____ INPUT DATA

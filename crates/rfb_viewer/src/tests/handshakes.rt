//! The handshake of each version: what is answered, and the event at its end.

use super::play::{Step, Told, are_right, first_wrong_greeting, greets};
use super::*;
use crate::ViewerFault;

// What a server of a screen of 2 by 1 with the name `t` sends in ServerInit, its format rgb888.
const INIT: &[u8] = b"\0\x02\0\x01\x20\x18\0\x01\0\xFF\0\xFF\0\xFF\x10\x08\0\0\0\0\0\0\0\x01t";

// Parts of that: up to the last byte but two, up to the length of the name, and from the screen's
// size to the last byte but two.
const INIT_FRONT: &[u8] = b"\0\x02\0\x01\x20\x18\0\x01\0\xFF\0\xFF\0\xFF\x10\x08\0\0\0\0\0\0\0";

const INIT_SCREEN: &[u8] = b"\0\x02\0\x01\x20\x18\0\x01\0\xFF\0\xFF\0\xFF\x10\x08\0\0\0\0";

const INIT_AFTER_SIZE: &[u8] = b"\x20\x18\0\x01\0\xFF\0\xFF\0\xFF\x10\x08\0\0\0\0\0\0\0";

// A server's version, and what is answered: the same.
const V33: Step<'static> = Step::Feed(b"RFB 003.003\n", 12, Told::Reply(b"RFB 003.003\n"));

const V37: Step<'static> = Step::Feed(b"RFB 003.007\n", 12, Told::Reply(b"RFB 003.007\n"));

const V38: Step<'static> = Step::Feed(b"RFB 003.008\n", 12, Told::Reply(b"RFB 003.008\n"));

// The choice of no security by a server of 3.3, and by a viewer of 3.8; all of ServerInit.
const NONE_BY_SERVER: Step<'static> = Step::Feed(b"\0\0\0\x01", 4, Told::Reply(b"\x01"));

const NONE_BY_VIEWER: Step<'static> = Step::Feed(b"\x01\x01", 2, Told::Reply(b"\x01"));

const IS_READY: Step<'static> = Step::Feed(INIT, 25, Told::Ready(2, 1, b"t", 1));

const STEP_BY_STEP: &[Step<'static>] = &[
    V38,
    NONE_BY_VIEWER,
    Step::Feed(b"\0\0\0\0", 4, Told::Reply(b"\x01")),
    Step::Blank(true),
    Step::Feed(INIT_FRONT, 23, Told::Nothing),
    Step::Blank(true),
    Step::Feed(b"\x01", 1, Told::Nothing),
    Step::Shows(&[BLACK, BLACK]),
    Step::Feed(b"t", 1, Told::Ready(2, 1, b"t", 1)),
    Step::Shows(&[BLACK, BLACK]),
];

#[test]
fn a_server_of_3_8_is_answered_step_by_step(rt: HostRuntime) {
    assert!(rt; greets(rt.alloc(), Version::V38, STEP_BY_STEP));
}

const WITHOUT_RESULT: &[Step<'static>] = &[
    V37,
    Step::Feed(b"\x01\x01", 2, Told::Reply(b"\x01\x01")),
    IS_READY,
];

#[test]
fn a_server_of_3_7_sends_no_result(rt: HostRuntime) {
    assert!(rt; greets(rt.alloc(), Version::V38, WITHOUT_RESULT));
}

// Servers whose word is taken; the second one's version is none, and answered with 3.3.
const WORDS: &[&[Step<'static>]] = &[
    &[V33, NONE_BY_SERVER, IS_READY],
    &[
        Step::Feed(b"RFB 003.889\n", 12, Told::Reply(b"RFB 003.003\n")),
        NONE_BY_SERVER,
        IS_READY,
    ],
];

#[test]
fn a_server_of_3_3_sends_a_word(rt: HostRuntime) {
    assert_eq!(rt; first_wrong_greeting(rt.alloc(), WORDS), None);
}

// A server of 3.8 that is answered with 3.3.
const LIMITED: &[Step<'static>] = &[
    Step::Feed(b"RFB 003.008\n", 12, Told::Reply(b"RFB 003.003\n")),
    NONE_BY_SERVER,
    IS_READY,
];

#[test]
fn a_viewer_keeps_to_its_limit(rt: HostRuntime) {
    assert!(rt; greets(rt.alloc(), Version::V33, LIMITED));
}

// A name's length and bytes, and what is kept of it.
const NAMES: &[&[Step<'static>]] = &[
    &[
        V33,
        NONE_BY_SERVER,
        Step::Feed(INIT_SCREEN, 20, Told::Nothing),
        Step::Feed(b"\0\0\0\0", 4, Told::Ready(2, 1, b"", 0)),
    ],
    &[
        V33,
        NONE_BY_SERVER,
        Step::Feed(INIT_SCREEN, 20, Told::Nothing),
        Step::Feed(b"\0\0\0\x05ABCDE", 9, Told::Ready(2, 1, b"ABCD", 5)),
    ],
];

#[test]
fn a_name_of_no_bytes_and_one_past_the_limit(rt: HostRuntime) {
    assert_eq!(rt; first_wrong_greeting(rt.alloc(), NAMES), None);
}

// ServerInit after the size of the screen: taken up to its last byte but one, and refused there.
const TAKEN: Step<'static> = Step::Feed(INIT_AFTER_SIZE, 19, Told::Nothing);

const TOO_LARGE: Step<'static> = Step::Fail(b"\x01", ViewerFault::ScreenTooLarge);

const EMPTY: Step<'static> = Step::Fail(b"\x01", ViewerFault::ScreenEmpty);

const BLANK: Step<'static> = Step::Blank(true);

// After a width and a height, all of a row.
const SCREENS: &[&[Step<'static>]] = &[
    &[
        V33,
        NONE_BY_SERVER,
        Step::Feed(b"\xFF\xFF\xFF\xFF", 4, Told::Nothing),
        TAKEN,
        TOO_LARGE,
        BLANK,
    ],
    &[
        V33,
        NONE_BY_SERVER,
        Step::Feed(b"\0\x19\0\x29", 4, Told::Nothing),
        TAKEN,
        TOO_LARGE,
        BLANK,
    ],
    &[
        V33,
        NONE_BY_SERVER,
        Step::Feed(b"\0\0\0\x01", 4, Told::Nothing),
        TAKEN,
        EMPTY,
        BLANK,
    ],
    &[
        V33,
        NONE_BY_SERVER,
        Step::Feed(b"\xFF\xFF\0\0", 4, Told::Nothing),
        TAKEN,
        EMPTY,
        BLANK,
    ],
    &[
        V33,
        NONE_BY_SERVER,
        Step::Feed(b"\0\x20\0\x20", 4, Told::Nothing),
        TAKEN,
        Step::Feed(b"\x01", 1, Told::Nothing),
        Step::Blank(false),
    ],
];

#[test]
fn a_screen_is_judged_at_its_last_byte_before_the_name(rt: HostRuntime) {
    assert_eq!(rt; first_wrong_greeting(rt.alloc(), SCREENS), None);
}

// Whether a screen of the most places that ServerInit can have is refused, where 4,096 by 4,096 are
// admitted.
fn is_too_large(alloc: Global) -> bool {
    let (format, limit) = (Format::rgb888(), Version::V38);
    let mut viewer = Viewer::new(alloc, format, ArrayVec::new(), limit, true, 16_777_216, 4);
    are_right(&mut viewer, SCREENS[0])
}

#[test]
fn the_largest_screen_is_refused_before_it_takes_memory(rt: HostRuntime) {
    assert!(rt; is_too_large(rt.alloc()));
}

// No reason is kept before the last byte of a refusal.
const NO_REASON: Step<'static> = Step::Reason(b"");

// A server's version and its security that refuses: the fault, and what is kept of the reason.
const REFUSALS: &[&[Step<'static>]] = &[
    &[
        V38,
        Step::Feed(b"\x01", 1, Told::Nothing),
        NO_REASON,
        Step::Break(b"\x02", ViewerFault::NoneNotOffered),
        NO_REASON,
    ],
    &[
        V33,
        Step::Feed(b"\0\0\0", 3, Told::Nothing),
        NO_REASON,
        Step::Break(b"\x02", ViewerFault::NoneNotOffered),
        NO_REASON,
    ],
    &[
        V33,
        Step::Feed(b"\0\0\0", 3, Told::Nothing),
        NO_REASON,
        Step::Break(b"\x03", ViewerFault::BadSecurityWord),
        NO_REASON,
    ],
    &[
        V33,
        Step::Feed(b"\0\0\0\0\0\0\0\x02N", 9, Told::Nothing),
        NO_REASON,
        Step::Break(b"o", ViewerFault::Refused(2)),
        Step::Reason(b"No"),
    ],
    &[
        V38,
        Step::Feed(b"\0\0\0\0", 4, Told::Nothing),
        NO_REASON,
        Step::Break(b"\0", ViewerFault::Refused(0)),
        NO_REASON,
    ],
    &[
        V37,
        Step::Feed(b"\0\0\0\0\x05Neve", 9, Told::Nothing),
        NO_REASON,
        Step::Break(b"r", ViewerFault::Refused(5)),
        Step::Reason(b"Neve"),
    ],
];

#[test]
fn a_server_without_none_and_one_that_refuses(rt: HostRuntime) {
    assert_eq!(rt; first_wrong_greeting(rt.alloc(), REFUSALS), None);
}

// A result that is no success, its fault, and what is kept of the reason.
const FAILURES: &[&[Step<'static>]] = &[
    &[
        V38,
        NONE_BY_VIEWER,
        Step::Feed(b"\0\0\0\x01\0\0\0\x02N", 9, Told::Nothing),
        NO_REASON,
        Step::Break(b"o", ViewerFault::SecurityFailed(2)),
        Step::Reason(b"No"),
    ],
    &[
        V38,
        NONE_BY_VIEWER,
        Step::Feed(b"\0\0\0\x07\0\0\0", 7, Told::Nothing),
        NO_REASON,
        Step::Break(b"\0", ViewerFault::SecurityFailed(0)),
        NO_REASON,
    ],
];

#[test]
fn a_failed_result_has_a_reason(rt: HostRuntime) {
    assert_eq!(rt; first_wrong_greeting(rt.alloc(), FAILURES), None);
}

// Eleven bytes that are taken, and the twelfth, which is refused.
const NO_VERSIONS: &[&[Step<'static>]] = &[
    &[
        Step::Feed(b"RFB 3.8\n...", 11, Told::Nothing),
        Step::Fail(b".", ViewerFault::BadVersion),
        BLANK,
    ],
    &[
        Step::Feed(b"RFB 003.00x", 11, Told::Nothing),
        Step::Fail(b"\n", ViewerFault::BadVersion),
        BLANK,
    ],
    &[
        Step::Feed(b"RFB 003.008", 11, Told::Nothing),
        Step::Fail(b"\0", ViewerFault::BadVersion),
        BLANK,
    ],
];

#[test]
fn a_text_that_is_no_version_is_refused_at_its_last_byte(rt: HostRuntime) {
    assert_eq!(rt; first_wrong_greeting(rt.alloc(), NO_VERSIONS), None);
}
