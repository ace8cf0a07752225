//! Pages between frames and store: a victim's page out of its frame, and a key's page into a frame.

ghost use Rattle.std.specs.Prelude.{◌≡◌, ◌+◌, ◌*◌, ◌^◌, ◌<◌, true, length};
ghost use Rattle.stores.specs.Meaning.{held, page_of, with_page};
ghost use Rattle.stores.specs.Parts.{part_of, laid};
ghost use Rattle.pool.specs.Moving.{HasPart, Takes, sent_by, TakesAfter, sent_after, filled_after};

use keys::{FrameNo, Key};
use records::{Granted, Outcome};
use ring::Victim;
use std::ops::Range;
use stores::Store;

// Where the page in a frame lies within the frame bytes, with pages of `size` bytes.
pub(crate) fn place(frame: FrameNo, size: usize) -> Range<usize>
    requires { frame.0 * size + size < 2 ^ 64 }
    ensures start { result.start ≡ frame.0 * size }
    ensures end { result.end ≡ frame.0 * size + size }
{
    let at = frame.0 as usize * size;
    at..at + size
}

// stays: frame bytes and store are lent to each call, so they are arguments; a frame and a key are what is asked of them.

// Writes the page in a frame to the store, under the key. The store takes it.
pub(crate) fn write_page<K: Key, S: Store<K>>(frames: &[u8], store: &mut S, frame: FrameNo, key: &K)
    requires part { HasPart (S.Store.meant store.old).size frame.0 (length frames.now) }
    requires holds { held (S.Store.meant store.old) (K.Key.meaning key.now) ≡ true }
    requires open { (S.Store.meant store.old).is_open ≡ true }
    ensures { S.Store.meant store.new ≡ with_page (K.Key.meaning key.now) (part_of (S.Store.meant store.old).size frames.now frame.0) (S.Store.meant store.old) }
{
    let place = place(frame, store.page_size());
    store.write(key, &frames[place]).unwrap();
}

// Fills a frame with the key's page. The store holds the key.
fn read_page<K: Key, S: Store<K>>(frames: &mut [u8], store: &mut S, frame: FrameNo, key: &K)
    requires part { HasPart (S.Store.meant store.old).size frame.0 (length frames.old) }
    requires holds { held (S.Store.meant store.old) (K.Key.meaning key.now) ≡ true }
    ensures filled { frames.new ≡ laid (frame.0 * (S.Store.meant store.old).size) (page_of (S.Store.meant store.old) (K.Key.meaning key.now)) frames.old }
    ensures store { S.Store.meant store.new ≡ S.Store.meant store.old }
{
    let place = place(frame, store.page_size());
    store.read(key, &mut frames[place]).unwrap();
}

// On a fault: the victim's page goes out if it was altered, and then the key's page comes in.
fn exchange<K: Key + Copy, S: Store<K>>(
    frames: &mut [u8],
    store: &mut S,
    frame: FrameNo,
    victim: Option<Victim<K>>,
    key: &K,
)
    requires part { HasPart (S.Store.meant store.old).size frame.0 (length frames.old) }
    requires takes { Takes K.Key.meaning victim (S.Store.meant store.old) }
    requires holds { held (sent_by K.Key.meaning victim (part_of (S.Store.meant store.old).size frames.old frame.0) (S.Store.meant store.old)) (K.Key.meaning key.now) ≡ true }
    ensures filled { frames.new ≡ laid (frame.0 * (S.Store.meant store.old).size) (page_of (sent_by K.Key.meaning victim (part_of (S.Store.meant store.old).size frames.old frame.0) (S.Store.meant store.old)) (K.Key.meaning key.now)) frames.old }
    ensures store { S.Store.meant store.new ≡ sent_by K.Key.meaning victim (part_of (S.Store.meant store.old).size frames.old frame.0) (S.Store.meant store.old) }
{
    if let Some(
        Victim {
            key: gone,
            altered: true,
        },
    ) = victim
    {
        write_page(frames, store, frame, &gone);
    }
    read_page(frames, store, frame, key);
}

// Moves the pages of a granted borrow. After a hit none moves.
pub(crate) fn settle<K: Key + Copy, S: Store<K>>(
    frames: &mut [u8],
    store: &mut S,
    granted: &Granted<Victim<K>>,
    key: &K,
)
    requires part { HasPart (S.Store.meant store.old).size granted.now.frame.0 (length frames.old) }
    requires takes { TakesAfter K.Key.meaning granted.now.report.outcome granted.now.report.victim (S.Store.meant store.old) }
    requires holds { held (sent_after K.Key.meaning granted.now.report.outcome granted.now.report.victim (part_of (S.Store.meant store.old).size frames.old granted.now.frame.0) (S.Store.meant store.old)) (K.Key.meaning key.now) ≡ true }
    ensures filled { frames.new ≡ filled_after granted.now.report.outcome (granted.now.frame.0 * (S.Store.meant store.old).size) (page_of (sent_after K.Key.meaning granted.now.report.outcome granted.now.report.victim (part_of (S.Store.meant store.old).size frames.old granted.now.frame.0) (S.Store.meant store.old)) (K.Key.meaning key.now)) frames.old }
    ensures store { S.Store.meant store.new ≡ sent_after K.Key.meaning granted.now.report.outcome granted.now.report.victim (part_of (S.Store.meant store.old).size frames.old granted.now.frame.0) (S.Store.meant store.old) }
{
    if granted.report.outcome != Outcome::Hit {
        exchange(frames, store, granted.frame, granted.report.victim, key);
    }
}
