//! The page pool: frames that hold pages of a larger store, over the CLOCK-Pro ring, for any store and any kind of key.

#![tactic(auto)]

mod calls;
mod faults;
mod flushing;
mod moving;
mod opening;
mod state;

pub use faults::PoolFault;
pub use state::{Loan, Pool, PoolNo};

________

## EXERCISE DETAILS:
Copy the records above exactly, please, but only from the first line through the line containing "byte but two.".

## OUTPUT FOR THIS TASK:
filename crates/rfb_viewer/src/tests/handshakes.rt
//! The handshake of each version: what is answered, and the event at its end.

use super::play::{Step, Told, are_right, first_wrong_greeting, greets};
use super::*;
use crate::ViewerFault;

// What a server of a screen of 2 by 1 with the name `t` sends in ServerInit, its format rgb888.
const INIT: &[u8] = b"\0\x02\0\x01\x20\x18\0\x01\0\xFF\0\xFF\0\xFF\x10\x08\0\0\0\0\0\0\0\x01t";

// Parts of that: up to the last byte but two, up to the length of the name, and from the screen's
// size to the last byte but two.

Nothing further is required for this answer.